Entries taken from a collection
--- START ---
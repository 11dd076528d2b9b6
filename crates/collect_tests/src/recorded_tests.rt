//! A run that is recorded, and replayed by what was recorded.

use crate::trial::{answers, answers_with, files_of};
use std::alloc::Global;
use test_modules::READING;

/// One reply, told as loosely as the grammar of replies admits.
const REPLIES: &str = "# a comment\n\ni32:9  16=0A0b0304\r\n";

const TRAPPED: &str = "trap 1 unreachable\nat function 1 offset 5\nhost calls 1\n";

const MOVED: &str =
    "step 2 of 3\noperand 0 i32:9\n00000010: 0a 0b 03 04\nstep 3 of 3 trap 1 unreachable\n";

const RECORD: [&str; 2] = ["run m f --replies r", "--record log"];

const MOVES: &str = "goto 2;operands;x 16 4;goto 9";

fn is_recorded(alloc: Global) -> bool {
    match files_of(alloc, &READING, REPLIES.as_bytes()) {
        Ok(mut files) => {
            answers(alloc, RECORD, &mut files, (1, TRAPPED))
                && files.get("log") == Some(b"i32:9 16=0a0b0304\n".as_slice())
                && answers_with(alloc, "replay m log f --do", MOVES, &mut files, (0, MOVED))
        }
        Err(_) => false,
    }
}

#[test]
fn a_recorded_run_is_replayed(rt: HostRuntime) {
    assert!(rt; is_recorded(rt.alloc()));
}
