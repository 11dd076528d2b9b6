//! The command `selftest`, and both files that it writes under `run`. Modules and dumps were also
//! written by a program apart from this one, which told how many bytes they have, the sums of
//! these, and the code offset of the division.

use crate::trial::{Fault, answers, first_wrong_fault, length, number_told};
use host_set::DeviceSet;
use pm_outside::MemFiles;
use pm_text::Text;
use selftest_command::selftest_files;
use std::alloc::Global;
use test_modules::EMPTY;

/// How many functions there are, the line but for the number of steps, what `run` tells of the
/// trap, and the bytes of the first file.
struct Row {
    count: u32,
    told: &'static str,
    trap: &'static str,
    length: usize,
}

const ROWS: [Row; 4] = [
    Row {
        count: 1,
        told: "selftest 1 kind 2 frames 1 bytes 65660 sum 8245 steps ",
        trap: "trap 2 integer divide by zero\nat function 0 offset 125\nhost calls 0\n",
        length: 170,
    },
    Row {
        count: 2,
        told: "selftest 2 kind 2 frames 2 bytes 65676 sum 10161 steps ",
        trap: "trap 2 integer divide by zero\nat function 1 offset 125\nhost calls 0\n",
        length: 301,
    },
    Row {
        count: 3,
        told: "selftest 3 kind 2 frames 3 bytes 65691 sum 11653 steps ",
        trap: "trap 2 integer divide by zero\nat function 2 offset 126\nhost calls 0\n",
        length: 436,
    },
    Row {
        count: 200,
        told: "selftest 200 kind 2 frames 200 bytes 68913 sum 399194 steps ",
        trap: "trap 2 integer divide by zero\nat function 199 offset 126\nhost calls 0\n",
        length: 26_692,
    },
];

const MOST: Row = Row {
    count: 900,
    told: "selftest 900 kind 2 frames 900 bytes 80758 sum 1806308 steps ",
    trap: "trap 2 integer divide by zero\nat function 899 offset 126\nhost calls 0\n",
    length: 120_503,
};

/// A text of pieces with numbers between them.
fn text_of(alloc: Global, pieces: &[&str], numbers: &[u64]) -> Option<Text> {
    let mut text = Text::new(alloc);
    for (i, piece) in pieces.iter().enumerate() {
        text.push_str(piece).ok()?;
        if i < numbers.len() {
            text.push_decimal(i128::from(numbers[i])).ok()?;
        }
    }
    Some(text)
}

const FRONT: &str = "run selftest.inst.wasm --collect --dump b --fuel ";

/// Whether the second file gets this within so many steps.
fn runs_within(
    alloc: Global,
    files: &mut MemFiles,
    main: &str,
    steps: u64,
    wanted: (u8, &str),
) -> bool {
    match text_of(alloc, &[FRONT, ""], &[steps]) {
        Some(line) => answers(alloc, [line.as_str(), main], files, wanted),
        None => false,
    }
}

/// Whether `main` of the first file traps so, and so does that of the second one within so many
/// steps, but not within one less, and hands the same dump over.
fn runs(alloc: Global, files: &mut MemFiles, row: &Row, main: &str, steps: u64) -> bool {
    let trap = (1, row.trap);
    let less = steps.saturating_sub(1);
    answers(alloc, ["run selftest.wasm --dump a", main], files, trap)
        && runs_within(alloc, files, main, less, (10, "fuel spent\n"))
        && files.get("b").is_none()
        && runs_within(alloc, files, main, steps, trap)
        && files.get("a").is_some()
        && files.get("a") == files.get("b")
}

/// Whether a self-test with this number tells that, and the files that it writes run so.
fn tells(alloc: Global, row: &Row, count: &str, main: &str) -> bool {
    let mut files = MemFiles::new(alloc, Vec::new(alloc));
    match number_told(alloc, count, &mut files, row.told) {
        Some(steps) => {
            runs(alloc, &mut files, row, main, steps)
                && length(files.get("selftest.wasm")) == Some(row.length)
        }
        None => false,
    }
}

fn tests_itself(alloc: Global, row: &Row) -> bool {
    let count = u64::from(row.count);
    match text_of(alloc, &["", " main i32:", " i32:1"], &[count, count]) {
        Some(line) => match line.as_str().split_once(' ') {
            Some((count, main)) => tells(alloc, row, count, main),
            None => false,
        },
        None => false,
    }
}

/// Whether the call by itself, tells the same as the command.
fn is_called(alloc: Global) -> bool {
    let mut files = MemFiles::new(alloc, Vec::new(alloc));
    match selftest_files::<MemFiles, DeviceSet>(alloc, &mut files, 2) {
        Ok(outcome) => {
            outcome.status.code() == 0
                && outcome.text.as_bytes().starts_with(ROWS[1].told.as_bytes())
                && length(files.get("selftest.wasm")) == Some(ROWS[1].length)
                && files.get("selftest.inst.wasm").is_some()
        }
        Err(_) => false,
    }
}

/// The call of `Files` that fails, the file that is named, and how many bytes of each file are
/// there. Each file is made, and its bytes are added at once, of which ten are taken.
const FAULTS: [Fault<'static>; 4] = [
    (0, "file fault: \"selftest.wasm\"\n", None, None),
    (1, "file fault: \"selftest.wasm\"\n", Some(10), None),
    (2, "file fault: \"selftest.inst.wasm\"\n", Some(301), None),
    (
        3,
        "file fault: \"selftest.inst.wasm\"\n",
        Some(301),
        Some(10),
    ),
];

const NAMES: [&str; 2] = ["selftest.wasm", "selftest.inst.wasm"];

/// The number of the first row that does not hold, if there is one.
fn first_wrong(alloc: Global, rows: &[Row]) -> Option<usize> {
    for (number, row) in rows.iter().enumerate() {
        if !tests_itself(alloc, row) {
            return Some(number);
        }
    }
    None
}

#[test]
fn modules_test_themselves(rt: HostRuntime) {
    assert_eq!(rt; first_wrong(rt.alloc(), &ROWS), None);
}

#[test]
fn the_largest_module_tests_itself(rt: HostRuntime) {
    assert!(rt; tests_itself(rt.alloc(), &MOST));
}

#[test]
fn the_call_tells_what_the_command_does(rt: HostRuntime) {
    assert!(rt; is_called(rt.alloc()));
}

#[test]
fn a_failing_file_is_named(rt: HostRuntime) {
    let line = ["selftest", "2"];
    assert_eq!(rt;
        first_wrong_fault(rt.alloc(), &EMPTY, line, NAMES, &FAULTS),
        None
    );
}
--- END ---
--- START ---
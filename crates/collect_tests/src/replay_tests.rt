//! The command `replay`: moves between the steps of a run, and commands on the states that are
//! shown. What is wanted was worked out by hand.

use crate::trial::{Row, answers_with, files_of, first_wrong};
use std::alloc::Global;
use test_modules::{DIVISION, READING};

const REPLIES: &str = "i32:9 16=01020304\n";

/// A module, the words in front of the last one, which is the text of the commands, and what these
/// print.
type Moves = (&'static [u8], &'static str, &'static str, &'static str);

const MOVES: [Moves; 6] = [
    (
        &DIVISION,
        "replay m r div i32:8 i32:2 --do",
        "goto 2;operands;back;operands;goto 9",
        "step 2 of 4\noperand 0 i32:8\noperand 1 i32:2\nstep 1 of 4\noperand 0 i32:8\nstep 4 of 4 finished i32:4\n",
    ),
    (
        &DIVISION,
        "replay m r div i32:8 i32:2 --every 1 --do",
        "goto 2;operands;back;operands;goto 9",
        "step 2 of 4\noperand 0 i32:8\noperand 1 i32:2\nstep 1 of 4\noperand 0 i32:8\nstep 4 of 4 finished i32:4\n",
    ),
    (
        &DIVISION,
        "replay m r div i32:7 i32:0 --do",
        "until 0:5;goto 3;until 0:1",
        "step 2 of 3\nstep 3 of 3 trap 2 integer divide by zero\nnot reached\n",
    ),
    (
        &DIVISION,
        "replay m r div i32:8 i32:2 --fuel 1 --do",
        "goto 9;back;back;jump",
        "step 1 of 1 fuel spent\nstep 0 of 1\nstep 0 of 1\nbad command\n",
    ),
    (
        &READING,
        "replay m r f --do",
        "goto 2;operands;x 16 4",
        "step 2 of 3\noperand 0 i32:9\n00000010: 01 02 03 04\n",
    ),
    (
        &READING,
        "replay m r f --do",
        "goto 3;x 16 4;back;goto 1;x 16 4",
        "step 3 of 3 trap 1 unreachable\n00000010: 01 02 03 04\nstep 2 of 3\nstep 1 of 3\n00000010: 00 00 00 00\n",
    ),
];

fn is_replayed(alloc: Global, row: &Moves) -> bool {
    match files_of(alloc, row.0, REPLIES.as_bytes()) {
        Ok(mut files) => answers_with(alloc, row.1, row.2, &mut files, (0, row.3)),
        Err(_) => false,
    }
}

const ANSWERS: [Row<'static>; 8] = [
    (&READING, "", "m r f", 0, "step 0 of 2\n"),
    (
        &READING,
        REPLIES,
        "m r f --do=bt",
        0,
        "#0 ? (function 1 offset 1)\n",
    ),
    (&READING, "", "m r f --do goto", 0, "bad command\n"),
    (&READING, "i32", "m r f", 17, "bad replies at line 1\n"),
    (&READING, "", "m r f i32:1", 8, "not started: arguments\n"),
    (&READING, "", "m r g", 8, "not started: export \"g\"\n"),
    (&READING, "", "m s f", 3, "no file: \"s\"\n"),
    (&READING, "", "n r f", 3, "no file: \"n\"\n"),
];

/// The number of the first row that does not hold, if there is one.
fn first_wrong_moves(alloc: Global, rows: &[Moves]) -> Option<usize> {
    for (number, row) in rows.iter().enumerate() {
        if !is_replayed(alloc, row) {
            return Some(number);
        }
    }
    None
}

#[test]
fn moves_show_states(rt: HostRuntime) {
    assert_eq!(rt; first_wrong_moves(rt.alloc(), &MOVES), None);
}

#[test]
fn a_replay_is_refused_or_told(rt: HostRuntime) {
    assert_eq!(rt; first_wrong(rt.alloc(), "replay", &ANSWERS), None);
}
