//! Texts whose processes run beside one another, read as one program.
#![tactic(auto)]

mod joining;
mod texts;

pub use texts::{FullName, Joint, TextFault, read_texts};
--- END ---
--- START ---
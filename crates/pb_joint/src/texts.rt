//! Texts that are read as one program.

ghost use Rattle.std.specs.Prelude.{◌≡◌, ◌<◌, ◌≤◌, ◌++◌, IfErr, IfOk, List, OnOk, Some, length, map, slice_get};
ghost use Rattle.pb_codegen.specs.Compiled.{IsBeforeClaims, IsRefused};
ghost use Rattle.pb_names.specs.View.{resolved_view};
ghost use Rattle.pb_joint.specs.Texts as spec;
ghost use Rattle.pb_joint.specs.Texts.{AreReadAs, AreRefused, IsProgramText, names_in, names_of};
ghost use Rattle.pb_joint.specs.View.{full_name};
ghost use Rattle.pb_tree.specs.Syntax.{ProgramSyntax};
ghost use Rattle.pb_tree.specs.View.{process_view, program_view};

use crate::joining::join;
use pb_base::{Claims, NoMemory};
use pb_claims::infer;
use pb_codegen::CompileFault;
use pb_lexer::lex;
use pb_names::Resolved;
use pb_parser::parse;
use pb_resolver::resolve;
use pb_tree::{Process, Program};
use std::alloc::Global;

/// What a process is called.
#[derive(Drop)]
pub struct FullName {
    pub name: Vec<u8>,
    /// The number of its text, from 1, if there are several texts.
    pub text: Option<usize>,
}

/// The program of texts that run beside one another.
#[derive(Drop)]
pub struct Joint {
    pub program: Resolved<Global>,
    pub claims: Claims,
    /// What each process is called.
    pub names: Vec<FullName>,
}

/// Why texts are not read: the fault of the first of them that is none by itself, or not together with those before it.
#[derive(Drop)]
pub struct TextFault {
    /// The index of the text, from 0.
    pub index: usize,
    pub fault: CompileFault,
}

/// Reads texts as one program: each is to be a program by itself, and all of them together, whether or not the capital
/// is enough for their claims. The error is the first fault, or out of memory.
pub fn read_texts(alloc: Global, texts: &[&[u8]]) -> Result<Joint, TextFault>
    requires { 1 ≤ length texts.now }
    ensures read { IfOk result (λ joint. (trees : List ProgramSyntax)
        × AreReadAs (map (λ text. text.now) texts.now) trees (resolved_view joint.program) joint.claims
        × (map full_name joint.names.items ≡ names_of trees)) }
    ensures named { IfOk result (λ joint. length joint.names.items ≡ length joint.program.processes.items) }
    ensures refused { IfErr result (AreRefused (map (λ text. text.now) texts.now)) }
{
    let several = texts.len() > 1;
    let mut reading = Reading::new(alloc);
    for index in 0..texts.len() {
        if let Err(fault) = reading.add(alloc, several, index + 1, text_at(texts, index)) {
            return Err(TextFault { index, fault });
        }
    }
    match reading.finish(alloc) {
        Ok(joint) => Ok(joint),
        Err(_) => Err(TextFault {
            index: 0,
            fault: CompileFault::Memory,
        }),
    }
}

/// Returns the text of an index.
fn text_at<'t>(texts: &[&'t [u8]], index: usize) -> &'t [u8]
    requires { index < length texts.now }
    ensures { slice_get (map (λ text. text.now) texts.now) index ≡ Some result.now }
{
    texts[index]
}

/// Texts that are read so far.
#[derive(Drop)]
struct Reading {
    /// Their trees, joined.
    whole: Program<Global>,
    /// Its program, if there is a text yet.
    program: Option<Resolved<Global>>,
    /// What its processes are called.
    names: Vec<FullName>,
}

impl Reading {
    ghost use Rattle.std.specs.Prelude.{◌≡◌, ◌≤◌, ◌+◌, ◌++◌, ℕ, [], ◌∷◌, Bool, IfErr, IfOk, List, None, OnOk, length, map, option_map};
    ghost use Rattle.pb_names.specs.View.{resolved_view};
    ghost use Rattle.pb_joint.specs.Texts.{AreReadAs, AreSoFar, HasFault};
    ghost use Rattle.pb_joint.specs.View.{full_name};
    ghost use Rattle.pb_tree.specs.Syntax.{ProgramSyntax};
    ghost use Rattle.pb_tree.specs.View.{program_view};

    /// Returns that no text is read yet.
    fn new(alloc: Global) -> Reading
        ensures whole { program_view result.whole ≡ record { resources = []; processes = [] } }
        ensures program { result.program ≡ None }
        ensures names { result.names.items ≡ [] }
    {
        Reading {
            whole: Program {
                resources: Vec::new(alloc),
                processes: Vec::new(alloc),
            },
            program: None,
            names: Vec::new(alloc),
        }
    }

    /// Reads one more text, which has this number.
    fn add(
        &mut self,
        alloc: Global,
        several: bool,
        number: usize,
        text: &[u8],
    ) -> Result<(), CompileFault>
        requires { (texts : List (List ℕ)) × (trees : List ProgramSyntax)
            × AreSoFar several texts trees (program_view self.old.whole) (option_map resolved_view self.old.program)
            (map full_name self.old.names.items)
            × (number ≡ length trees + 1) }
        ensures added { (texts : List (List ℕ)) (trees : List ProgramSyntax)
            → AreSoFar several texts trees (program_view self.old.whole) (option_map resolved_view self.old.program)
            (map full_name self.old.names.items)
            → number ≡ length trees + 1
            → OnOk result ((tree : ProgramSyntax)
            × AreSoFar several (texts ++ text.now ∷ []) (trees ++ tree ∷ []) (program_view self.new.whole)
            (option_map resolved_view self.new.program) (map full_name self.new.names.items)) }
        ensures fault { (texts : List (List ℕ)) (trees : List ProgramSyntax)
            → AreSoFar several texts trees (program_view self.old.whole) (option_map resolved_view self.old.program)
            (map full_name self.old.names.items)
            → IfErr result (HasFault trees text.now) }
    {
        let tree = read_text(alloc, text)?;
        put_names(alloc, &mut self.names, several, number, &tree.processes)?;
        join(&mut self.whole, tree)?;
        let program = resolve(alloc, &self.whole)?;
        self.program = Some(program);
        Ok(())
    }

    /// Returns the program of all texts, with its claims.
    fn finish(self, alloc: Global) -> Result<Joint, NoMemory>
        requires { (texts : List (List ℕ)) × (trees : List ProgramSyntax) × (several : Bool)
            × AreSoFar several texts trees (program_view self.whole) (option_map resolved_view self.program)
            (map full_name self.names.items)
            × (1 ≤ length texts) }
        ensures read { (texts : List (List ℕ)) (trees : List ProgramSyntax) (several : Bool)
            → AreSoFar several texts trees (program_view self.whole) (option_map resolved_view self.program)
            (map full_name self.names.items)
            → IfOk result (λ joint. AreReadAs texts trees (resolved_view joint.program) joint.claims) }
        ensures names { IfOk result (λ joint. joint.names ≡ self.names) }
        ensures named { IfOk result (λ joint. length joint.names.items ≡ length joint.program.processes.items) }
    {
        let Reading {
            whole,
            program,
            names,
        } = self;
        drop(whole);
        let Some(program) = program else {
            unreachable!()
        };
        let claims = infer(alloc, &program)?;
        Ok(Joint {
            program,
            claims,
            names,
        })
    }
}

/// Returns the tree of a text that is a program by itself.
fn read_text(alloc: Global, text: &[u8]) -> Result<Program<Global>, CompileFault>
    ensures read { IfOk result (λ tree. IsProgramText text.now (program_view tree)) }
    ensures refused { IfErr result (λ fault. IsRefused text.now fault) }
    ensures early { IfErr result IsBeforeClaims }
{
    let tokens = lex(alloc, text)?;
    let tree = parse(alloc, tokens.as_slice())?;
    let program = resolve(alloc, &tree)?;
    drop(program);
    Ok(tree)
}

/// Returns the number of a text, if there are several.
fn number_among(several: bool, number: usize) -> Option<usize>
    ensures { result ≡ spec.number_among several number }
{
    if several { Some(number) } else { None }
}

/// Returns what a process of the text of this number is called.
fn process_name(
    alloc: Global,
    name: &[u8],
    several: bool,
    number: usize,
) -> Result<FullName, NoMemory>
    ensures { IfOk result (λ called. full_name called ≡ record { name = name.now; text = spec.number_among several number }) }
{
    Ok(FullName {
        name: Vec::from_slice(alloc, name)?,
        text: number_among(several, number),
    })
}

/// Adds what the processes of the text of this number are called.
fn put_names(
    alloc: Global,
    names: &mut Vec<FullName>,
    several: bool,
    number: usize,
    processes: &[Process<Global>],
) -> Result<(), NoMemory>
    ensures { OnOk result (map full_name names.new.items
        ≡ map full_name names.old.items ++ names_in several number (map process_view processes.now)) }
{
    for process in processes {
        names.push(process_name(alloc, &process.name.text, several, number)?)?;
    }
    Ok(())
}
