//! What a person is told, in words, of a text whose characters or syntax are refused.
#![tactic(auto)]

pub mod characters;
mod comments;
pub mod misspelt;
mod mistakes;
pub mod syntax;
--- END ---
== Exercise requirements ==
Which lines in the records above contain the string "CompileFault"? Copy them.

== Solution ==
use pb_codegen::CompileFault;
    pub fault: CompileFault,
            fault: CompileFault::Memory,
    ) -> Result<(), CompileFault>
fn read_text(alloc: Global, text: &[u8]) -> Result<Program<Global>, CompileFault>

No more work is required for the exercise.